Redistribution and use in source and binary forms, with or without modification,
are permitted provided that the following conditions are met:
* Redistributions of source code must retain the above copyright
notice, this list of conditions and the following disclaimer.
* Redistributions in binary form must reproduce the above copyright
notice, this list of conditions and the following disclaimer in the
documentation and/or other materials provided with the distribution.
* The name of the author may not be used to endorse or promote products
derived from this software without specific prior written permission.

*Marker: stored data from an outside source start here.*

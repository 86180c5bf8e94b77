//! Lines that are sent, gathered to one write where they fit.
ghost use Rattle.std.specs.Prelude.{◌≡◌, ◌≤◌, [], ◌∷◌, ◌++◌, OnOk, OnErr};
ghost use Rattle.std.specs.Io.KnownBytes.{Appends};
ghost use Rattle.io_edges.specs.Causes.{Rose};
ghost use Rattle.io_edges.specs.Sending.{Sends, SendsFront};
ghost use Rattle.bundle_core.specs.Told.{with_newlines};

use grist_json::Line;
use io_edges::{Failed, Outbox, Sink};

/// Sends lines, each with a newline, and writes all of them.
pub(crate) fn send_lines<O: Sink>(
    outbox: &mut Outbox,
    out: &mut O,
    lines: &[Line],
) -> Result<(), Failed>
    requires { outbox.old ≡ [] }
    ensures ok { OnOk result
        (Appends (O.written out.old) (O.written out.new) (with_newlines lines.now)) }
    ensures err { OnErr result
        (SendsFront (with_newlines lines.now) (O.written out.old) (O.written out.new)) }
    ensures empty { outbox.new ≡ [] }
    ensures apart { O.incoming out.new ≡ O.incoming out.old }
    ensures later { O.faults out.old ≤ O.faults out.new }
    ensures cause { OnErr result (Rose (O.faults out.old) (O.faults out.new)) }
{
    for line in lines {
        if let Err(failed) = put_line(outbox, out, line.as_str().as_bytes()) {
            return Err(failed);
        }
    }
    outbox.flush(out)
}

/// Sends a line with a newline, and writes all of it.
pub(crate) fn send_line<O: Sink>(
    outbox: &mut Outbox,
    out: &mut O,
    line: &Line,
) -> Result<(), Failed>
    requires { outbox.old ≡ [] }
    ensures ok { OnOk result
        (Appends (O.written out.old) (O.written out.new) (with_newlines (line.now ∷ []))) }
    ensures err { OnErr result
        (SendsFront (with_newlines (line.now ∷ [])) (O.written out.old) (O.written out.new)) }
    ensures empty { outbox.new ≡ [] }
    ensures apart { O.incoming out.new ≡ O.incoming out.old }
    ensures later { O.faults out.old ≤ O.faults out.new }
    ensures cause { OnErr result (Rose (O.faults out.old) (O.faults out.new)) }
{
    if let Err(failed) = put_line(outbox, out, line.as_str().as_bytes()) {
        return Err(failed);
    }
    outbox.flush(out)
}

// Puts a text and a newline behind what waits.
fn put_line<O: Sink>(outbox: &mut Outbox, out: &mut O, text: &[u8]) -> Result<(), Failed>
    ensures ok { OnOk result (Sends (outbox.old ++ text.now ++ 10 ∷ []) outbox.new
        (O.written out.old) (O.written out.new)) }
    ensures err { OnErr result (SendsFront (outbox.old ++ text.now ++ 10 ∷ [])
        (O.written out.old) (O.written out.new)) }
    ensures lost { OnErr result (outbox.new ≡ []) }
    ensures apart { O.incoming out.new ≡ O.incoming out.old }
    ensures later { O.faults out.old ≤ O.faults out.new }
    ensures cause { OnErr result (Rose (O.faults out.old) (O.faults out.new)) }
{
    let Ok(()) = outbox.put(out, text) else {
        return Err(Failed);
    };
    let Ok(()) = outbox.put(out, b"\n") else {
        return Err(Failed);
    };
    Ok(())
}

THIS SOFTWARE IS PROVIDED BY THE COPYRIGHT HOLDERS AND CONTRIBUTORS "AS IS" AND
ANY EXPRESS OR IMPLIED WARRANTIES, INCLUDING, BUT NOT LIMITED TO, THE IMPLIED
WARRANTIES OF MERCHANTABILITY AND FITNESS FOR A PARTICULAR PURPOSE ARE
DISCLAIMED. IN NO EVENT SHALL Mathias Kuhring BE LIABLE FOR ANY DIRECT,
INDIRECT, INCIDENTAL, SPECIAL, EXEMPLARY, OR CONSEQUENTIAL DAMAGES (INCLUDING,
BUT NOT LIMITED TO, PROCUREMENT OF SUBSTITUTE GOODS OR SERVICES; LOSS OF USE,
DATA, OR PROFITS; OR BUSINESS INTERRUPTION) HOWEVER CAUSED AND ON ANY THEORY OF
LIABILITY, WHETHER IN CONTRACT, STRICT LIABILITY, OR TORT (INCLUDING NEGLIGENCE
OR OTHERWISE) ARISING IN ANY WAY OUT OF THE USE OF THIS SOFTWARE, EVEN IF
ADVISED OF THE POSSIBILITY OF SUCH DAMAGE.